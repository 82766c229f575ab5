//! The certificate of the pairs that keep conditions.

ghost use Rattle.std.specs.Prelude.{◌≡◌, ◌≤◌, length, Some, IfOk};
ghost use Rattle.td_circuit.specs.Numbering.{setting};
ghost use Rattle.td_certificate.specs.Lengths.{HaveFew};
ghost use Rattle.td_certificate.specs.Spelling.{AreConditions, AreTerms};
ghost use Rattle.td_worst.specs.Kept.{certificate_with};
ghost use Rattle.td_answer.specs.KeptTerms.{kept_terms};

use crate::certifying::outputs_of;
use std::alloc::{AllocError, Global};
use td_certificate::{Certificate, Claim, Question, Terms, Tree};
use td_circuit::Circuit;
use td_domain::Admit;
use td_gates::{Delay, Level};
use td_refutation::NamedCondition;

/// What a certificate tells besides pairs: how the netlist was read, and what pairs keep.
#[derive(Drop)]
pub(crate) struct Told {
    pub default: Delay,
    pub outputs: Option<Vec<u64>>,
    pub keep: Vec<NamedCondition>,
}

// The terms of a certificate that tells this. The error is out of memory.
fn terms_of(told: Told) -> Result<Terms, AllocError>
    ensures is { IfOk result (λ terms. terms ≡ kept_terms told) }
    ensures told { IfOk result (λ terms. AreConditions told.keep.items → AreTerms (Some (kept_terms told))) }
    ensures few { IfOk result (λ terms. length told.keep.items ≤ 5000 → HaveFew (Some (kept_terms told))) }
{
    let Told {
        default,
        outputs,
        keep,
    } = told;
    // For the prover: this call says that the delays are in range.
    let _steps = default.to(Level::X);
    let outputs = outputs_of(outputs)?;
    Ok(Terms {
        rise: default.rise,
        fall: default.fall,
        outputs,
        keep,
    })
}

/// The certificate of a claim about a circuit and these pairs, or that there is none that keeps the
/// conditions. At no more inputs than there are may bits differ. The error is out of memory.
pub(crate) fn kept_certificate(
    alloc: Global,
    circuit: &Circuit,
    admit: Admit,
    told: Told,
    claim: Option<Claim>,
    tree: Tree,
) -> Result<Certificate, AllocError>
    requires flips { admit.flips ≤ length admit.held }
    ensures is { IfOk result (λ certificate. certificate ≡ certificate_with (setting circuit.now) admit (kept_terms told) claim tree) }
    ensures told { IfOk result (λ certificate. AreConditions told.keep.items → AreTerms (Some (kept_terms told))) }
    ensures few { IfOk result (λ certificate. length told.keep.items ≤ 5000 → HaveFew (Some (kept_terms told))) }
{
    let moments = Vec::from_slice(alloc, circuit.moments())?;
    let terms = terms_of(told)?;
    let question = Question::new(admit, moments).with_terms(terms);
    let gates = circuit.gates();
    Ok(Certificate {
        gates: gates.len() as u32,
        question,
        claim,
        tree,
    })
}
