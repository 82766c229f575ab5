//! Bounds of the delays of a cube of pairs.

ghost use Rattle.std.specs.Prelude.{◌≡◌, ◌<◌, ◌*◌, ◌++◌, length, true, IfOk, IfErr, OnOk, None as Nothing};
ghost use Rattle.std.specs.List.{All};
ghost use Rattle.td_circuit.specs.Numbering.{setting};
ghost use Rattle.td_certificate.specs.declared.tree.BoundedBy.TheVariants as by;
ghost use Rattle.td_certificate.specs.Accepts.{IsBoundBy};
ghost use Rattle.td_answer.specs.Additions.{AddsLines};
ghost use Rattle.td_answer.specs.Bounds.{IsSoundBound, bound_lines, AreEdges, HasEdges, asks_edges, least_of, TellsBound, ReportsBounds, IsTrueBound, IsRefusedBound};
ghost use Rattle.td_answer.specs.BoundNets.{IsBoundNet, IsFirstWith};
ghost use Rattle.td_answer.specs.Writing.{CanBeWritten};

use crate::beside::output_line;
use crate::earliest::{push_earliest, sooner};
use crate::head::begun;
use crate::outcome::Outcome;
use crate::refusal::Refusal;
use crate::requirement::{met_ending, push_met};
use std::alloc::{AllocError, Global};
use td_arrival::Arrival;
use td_circuit::Circuit;
use td_domain::{Both, Cube, Domain, bound, signals};
use td_edges::Edges;
use td_lines::{Figure, Line, Report};
use td_question::question_of;
use td_reading::Reading;
use td_request::{Bound, Question};
use td_ternary::Possible;

/// The bounds of a cube: by arrival windows, by possible levels, and by both at once.
#[derive(Clone, Copy, Drop)]
struct Figures {
    arrivals: Option<u64>,
    possibles: Option<u64>,
    both: Option<u64>,
}

fn bounds_of(alloc: Global, circuit: &Circuit, cube: &Cube) -> Result<Figures, AllocError>
    requires { length cube.now ≡ 2 * length circuit.now.netlist.inputs }
    ensures arrivals { IfOk result (λ bounds. IsSoundBound by.Arrival (setting circuit.now) cube.now bounds.arrivals) }
    ensures possibles { IfOk result (λ bounds. IsSoundBound by.Possible (setting circuit.now) cube.now bounds.possibles) }
    ensures both { IfOk result (λ bounds. IsSoundBound by.Both (setting circuit.now) cube.now bounds.both) }
{
    let arrivals = bound::<Arrival>(alloc, circuit, cube)?;
    let possibles = bound::<Possible>(alloc, circuit, cube)?;
    let both = bound::<Both<Arrival, Possible>>(alloc, circuit, cube)?;
    Ok(Figures {
        arrivals,
        possibles,
        both,
    })
}

/// Appends the lines of the bounds.
fn push_bounds(report: &mut Report, bounds: Figures) -> Result<(), AllocError>
    ensures { OnOk result (report.new ≡ report.old ++ bound_lines bounds.arrivals bounds.possibles bounds.both) }
{
    report.add(Line::Bound(Figure::Arrivals, bounds.arrivals))?;
    report.add(Line::Bound(Figure::Possibles, bounds.possibles))?;
    report.add(Line::Bound(Figure::Both, bounds.both))
}

/// Whether the bounds by edges are asked for, or a moment is required.
fn asks_edges(asked: &Bound<'_>) -> bool
    ensures { result ≡ asks_edges asked.now }
{
    asked.edges || asked.required.is_some()
}

/// Appends the lines of the bounds by edges, alone and with possible levels, where they are asked
/// for. Gives the lesser of the two.
fn push_edges(
    alloc: Global,
    report: &mut Report,
    circuit: &Circuit,
    cube: &Cube,
    edges: bool,
) -> Result<Option<u64>, AllocError>
    requires { length cube.now ≡ 2 * length circuit.now.netlist.inputs }
    ensures { IfOk result (λ least. AddsLines (HasEdges edges (setting circuit.now) cube.now least) report.old report.new) }
{
    if edges {
        push_by_edges(alloc, report, circuit, cube)
    } else {
        Ok(None)
    }
}

/// Appends the lines of the bounds by edges, alone and with possible levels. Gives the lesser of
/// the two.
fn push_by_edges(
    alloc: Global,
    report: &mut Report,
    circuit: &Circuit,
    cube: &Cube,
) -> Result<Option<u64>, AllocError>
    requires { length cube.now ≡ 2 * length circuit.now.netlist.inputs }
    ensures { IfOk result (λ least. AddsLines (AreEdges (setting circuit.now) cube.now least) report.old report.new) }
{
    let alone = bound::<Edges>(alloc, circuit, cube)?;
    let together = bound::<Both<Edges, Possible>>(alloc, circuit, cube)?;
    report.add(Line::Bound(Figure::Edges, alone))?;
    report.add(Line::Bound(Figure::EdgesAndPossibles, together))?;
    Ok(sooner(alone, together))
}

/// The least of the bounds, where there is one.
fn least_of(bounds: Figures, edges: Option<u64>) -> Option<u64>
    ensures { result ≡ least_of bounds.arrivals bounds.possibles bounds.both edges }
{
    let one = sooner(bounds.arrivals, bounds.possibles);
    let other = sooner(bounds.both, edges);
    sooner(one, other)
}

/// The first of these nets whose signal has this last moment.
fn first_with<D: Domain>(signals: &[D::Sig], nets: &[u32], last: Option<u64>) -> Option<u32>
    requires { All (λ net. net < length signals.now) nets.now }
    ensures { IsFirstWith D.functions.last_of signals.now nets.now last result }
{
    for net in nets {
        if D::last(&signals[*net as usize]) == last {
            return Some(*net);
        }
    }
    None
}

/// The net of the first output whose own last moment by arrival windows and possible levels
/// together is the bound of the cube. None where there are no outputs.
fn net_with(
    alloc: Global,
    circuit: &Circuit,
    cube: &Cube,
    bound: Option<u64>,
) -> Result<Option<u32>, AllocError>
    requires fits { length cube.now ≡ 2 * length circuit.now.netlist.inputs }
    requires bound { IsBoundBy by.Both (setting circuit.now) cube.now bound }
    ensures { IfOk result (IsBoundNet circuit.now cube.now bound) }
{
    let signals = signals::<Both<Arrival, Possible>>(alloc, circuit, cube)?;
    let net = first_with::<Both<Arrival, Possible>>(&signals, circuit.outputs(), bound);
    Ok(net)
}

/// Appends which output has the bound of a cube.
fn push_output(
    alloc: Global,
    report: &mut Report,
    circuit: &Circuit,
    cube: &Cube,
    bound: Option<u64>,
) -> Result<(), AllocError>
    requires fits { length cube.now ≡ 2 * length circuit.now.netlist.inputs }
    requires bound { IsBoundBy by.Both (setting circuit.now) cube.now bound }
    ensures { OnOk result (AddsLines (TellsBound true (setting circuit.now) cube.now bound) report.old report.new) }
{
    match net_with(alloc, circuit, cube, bound)? {
        Some(net) => {
            let line = output_line(alloc, circuit, net)?;
            report.add(line)
        }
        None => Ok(()),
    }
}

/// The same, where it is asked for.
fn push_named(
    alloc: Global,
    report: &mut Report,
    circuit: &Circuit,
    cube: &Cube,
    bound: Option<u64>,
    outputs: bool,
) -> Result<(), AllocError>
    requires fits { length cube.now ≡ 2 * length circuit.now.netlist.inputs }
    requires bound { IsBoundBy by.Both (setting circuit.now) cube.now bound }
    ensures { OnOk result (AddsLines (TellsBound outputs (setting circuit.now) cube.now bound) report.old report.new) }
{
    if outputs {
        push_output(alloc, report, circuit, cube, bound)
    } else {
        Ok(())
    }
}

/// The report of the bounds of a cube, and the least of them.
#[derive(Drop)]
struct Reported {
    report: Report,
    least: Option<u64>,
}

fn report_of(
    alloc: Global,
    circuit: &Circuit,
    cube: &Cube,
    asked: &Bound<'_>,
) -> Result<Reported, AllocError>
    requires { length cube.now ≡ 2 * length circuit.now.netlist.inputs }
    ensures { IfOk result (λ reported. ReportsBounds asked.now (setting circuit.now) cube.now reported.least reported.report) }
{
    let mut report = begun(alloc, circuit)?;
    let bounds = bounds_of(alloc, circuit, cube)?;
    push_bounds(&mut report, bounds)?;
    let edges = push_edges(alloc, &mut report, circuit, cube, asks_edges(asked))?;
    push_named(
        alloc,
        &mut report,
        circuit,
        cube,
        bounds.both,
        asked.outputs,
    )?;
    push_earliest(alloc, &mut report, circuit, cube, asked.earliest)?;
    let least = least_of(bounds, edges);
    push_met(&mut report, asked.required, least)?;
    Ok(Reported { report, least })
}

/// The bounds of the delays of the pairs that words admit, which are those of their pins.
pub(crate) fn bounds<'n, 'w>(
    alloc: Global,
    text: &'n [u8],
    reading: &Reading<'_>,
    asked: &Bound<'w>,
) -> Result<Outcome, Refusal<'n, 'w>>
    ensures says { IfOk result (IsTrueBound text.now reading.now asked.now) }
    ensures certified { IfOk result (λ outcome. outcome.certificate ≡ Nothing) }
    ensures written { IfOk result CanBeWritten }
    ensures refusal { IfErr result (IsRefusedBound text.now reading.now asked.now) }
{
    let question = Question {
        inputs: asked.inputs,
        flips: asked.flips,
        keep_file: None,
        keep_text: None,
    };
    let about = question_of(alloc, text, reading, &question)?;
    let Reported { report, least } = report_of(alloc, &about.circuit, about.admit.pins(), asked)?;
    Ok(Outcome {
        report,
        certificate: None,
        dump: None,
        status: met_ending(asked.required, least),
        verdict: None,
    })
}
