//! What a report says of a run after its other lines.

ghost use Rattle.std.specs.Prelude.{◌≡◌, ◌<◌, length, map, true, IfOk, OnOk};
ghost use Rattle.td_circuit.specs.Numbering.{nets, setting};
ghost use Rattle.td_path.specs.Chains.{IsRunFor, link_of};
ghost use Rattle.td_answer.specs.Runs.{driver_of, change_of, HasChanges, TellsLatest, TellsLast, TellsWay, TellsRun, TellsPair};
ghost use Rattle.td_answer.specs.Additions.{AddsLines, waves_in, NamesNet, AreNamed};

use crate::names::label;
use crate::runs::run_of;
use std::alloc::{AllocError, Global};
use td_circuit::Circuit;
use td_domain::Pair;
use td_lines::{Change, Driver, Line, Report};
use td_path::{Cause, Link, latest_chain, latest_output};
use td_request::Shown;
use td_run::Run;

/// The line of the output that is this net.
pub(crate) fn output_line(alloc: Global, circuit: &Circuit, net: u32) -> Result<Line, AllocError>
    requires constant { 1 < net }
    requires net { net < length (nets circuit.now) }
    ensures { IfOk result (NamesNet circuit.now net) }
{
    let name = label(alloc, circuit.name(net as usize))?;
    Ok(Line::Output(name))
}

/// Appends which output changes last in a run, where one does.
pub(crate) fn push_output(
    alloc: Global,
    report: &mut Report,
    circuit: &Circuit,
    run: &Run,
) -> Result<(), AllocError>
    requires run { IsRunFor circuit.now run.now }
    ensures { OnOk result (AddsLines (TellsLast true circuit.now.netlist (waves_in circuit.now run.now)) report.old report.new) }
{
    match latest_output(circuit, run) {
        Some(net) => {
            let line = output_line(alloc, circuit, net)?;
            report.add(line)
        }
        None => Ok(()),
    }
}

/// What made a net change.
fn driver_of(cause: Option<Cause>) -> Option<Driver>
    ensures { result ≡ driver_of cause }
{
    match cause {
        None => None,
        Some(cause) => Some(Driver {
            kind: cause.kind,
            delay: cause.delay,
        }),
    }
}

/// A change, with the name of its net.
fn change_of(alloc: Global, circuit: &Circuit, link: Link) -> Result<Change, AllocError>
    requires constant { 1 < link.net }
    requires net { link.net < length (nets circuit.now) }
    ensures { IfOk result (λ change. change ≡ change_of (link_of (nets circuit.now) link)) }
{
    let net = label(alloc, circuit.name(link.net as usize))?;
    Ok(Change {
        moment: link.moment,
        net,
        from: link.from,
        to: link.to,
        by: driver_of(link.cause),
    })
}

/// The line of changes.
pub(crate) fn changes_line(
    alloc: Global,
    circuit: &Circuit,
    links: &[Link],
) -> Result<Line, AllocError>
    requires { AreNamed circuit.now links.now }
    ensures { IfOk result (HasChanges (map (link_of (nets circuit.now)) links.now)) }
{
    let mut changes = Vec::new(alloc);
    for link in links {
        let change = change_of(alloc, circuit, *link)?;
        changes.push(change)?;
    }
    Ok(Line::Changes(changes))
}

/// Why the output that changes last in a run does so when it does.
pub(crate) fn latest_line(alloc: Global, circuit: &Circuit, run: &Run) -> Result<Line, AllocError>
    requires run { IsRunFor circuit.now run.now }
    ensures { IfOk result (TellsLatest (setting circuit.now) (waves_in circuit.now run.now)) }
{
    match latest_chain(alloc, circuit, run)? {
        Some(links) => changes_line(alloc, circuit, &links),
        None => Ok(Line::Time(0)),
    }
}

/// Appends which output changes last in a run, where it is asked for.
pub(crate) fn push_last(
    alloc: Global,
    report: &mut Report,
    circuit: &Circuit,
    run: &Run,
    outputs: bool,
) -> Result<(), AllocError>
    requires run { IsRunFor circuit.now run.now }
    ensures { OnOk result (AddsLines (TellsLast outputs circuit.now.netlist (waves_in circuit.now run.now)) report.old report.new) }
{
    if outputs {
        push_output(alloc, report, circuit, run)
    } else {
        Ok(())
    }
}

/// Appends why the output that changes last in a run does so when it does.
fn push_latest(
    alloc: Global,
    report: &mut Report,
    circuit: &Circuit,
    run: &Run,
) -> Result<(), AllocError>
    requires run { IsRunFor circuit.now run.now }
    ensures { OnOk result (AddsLines (TellsWay true (setting circuit.now) (waves_in circuit.now run.now)) report.old report.new) }
{
    let line = latest_line(alloc, circuit, run)?;
    report.add(line)
}

/// The same, where it is asked for.
fn push_way(
    alloc: Global,
    report: &mut Report,
    circuit: &Circuit,
    run: &Run,
    path: bool,
) -> Result<(), AllocError>
    requires run { IsRunFor circuit.now run.now }
    ensures { OnOk result (AddsLines (TellsWay path (setting circuit.now) (waves_in circuit.now run.now)) report.old report.new) }
{
    if path {
        push_latest(alloc, report, circuit, run)
    } else {
        Ok(())
    }
}

/// Appends what is asked of a run: which output changes last, and then the changes that lead there.
fn push_shown(
    alloc: Global,
    report: &mut Report,
    circuit: &Circuit,
    run: &Run,
    shown: Shown,
) -> Result<(), AllocError>
    requires run { IsRunFor circuit.now run.now }
    ensures { OnOk result (AddsLines (TellsRun shown (setting circuit.now) (waves_in circuit.now run.now)) report.old report.new) }
{
    push_last(alloc, report, circuit, run, shown.outputs)?;
    push_way(alloc, report, circuit, run, shown.path)
}

/// Appends what is asked of a pair's run.
pub(crate) fn push_run(
    alloc: Global,
    report: &mut Report,
    circuit: &Circuit,
    pair: &Pair,
    shown: Shown,
) -> Result<(), AllocError>
    requires first_fits { length pair.now.first ≡ length circuit.now.netlist.inputs }
    requires second_fits { length pair.now.second ≡ length circuit.now.netlist.inputs }
    ensures { OnOk result (AddsLines (TellsPair shown (setting circuit.now) pair.now) report.old report.new) }
{
    if !shown.outputs && !shown.path {
        return Ok(());
    }
    let run = run_of(alloc, circuit, pair)?;
    push_shown(alloc, report, circuit, &run, shown)
}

● ● ● ● ●

Within the listing above, locate the line containing "(AddsLines (TellsBound outputs" and the line containing "of their pins.". Reproduce those two lines and all lines between them exactly, with nothing added.

## Exercise result
    ensures { OnOk result (AddsLines (TellsBound outputs (setting circuit.now) cube.now bound) report.old report.new) }
{
    if outputs {
        push_output(alloc, report, circuit, cube, bound)
    } else {
        Ok(())
    }
}

/// The report of the bounds of a cube, and the least of them.
#[derive(Drop)]
struct Reported {
    report: Report,
    least: Option<u64>,
}

fn report_of(
    alloc: Global,
    circuit: &Circuit,
    cube: &Cube,
    asked: &Bound<'_>,
) -> Result<Reported, AllocError>
    requires { length cube.now ≡ 2 * length circuit.now.netlist.inputs }
    ensures { IfOk result (λ reported. ReportsBounds asked.now (setting circuit.now) cube.now reported.least reported.report) }
{
    let mut report = begun(alloc, circuit)?;
    let bounds = bounds_of(alloc, circuit, cube)?;
    push_bounds(&mut report, bounds)?;
    let edges = push_edges(alloc, &mut report, circuit, cube, asks_edges(asked))?;
    push_named(
        alloc,
        &mut report,
        circuit,
        cube,
        bounds.both,
        asked.outputs,
    )?;
    push_earliest(alloc, &mut report, circuit, cube, asked.earliest)?;
    let least = least_of(bounds, edges);
    push_met(&mut report, asked.required, least)?;
    Ok(Reported { report, least })
}

/// The bounds of the delays of the pairs that words admit, which are those of their pins.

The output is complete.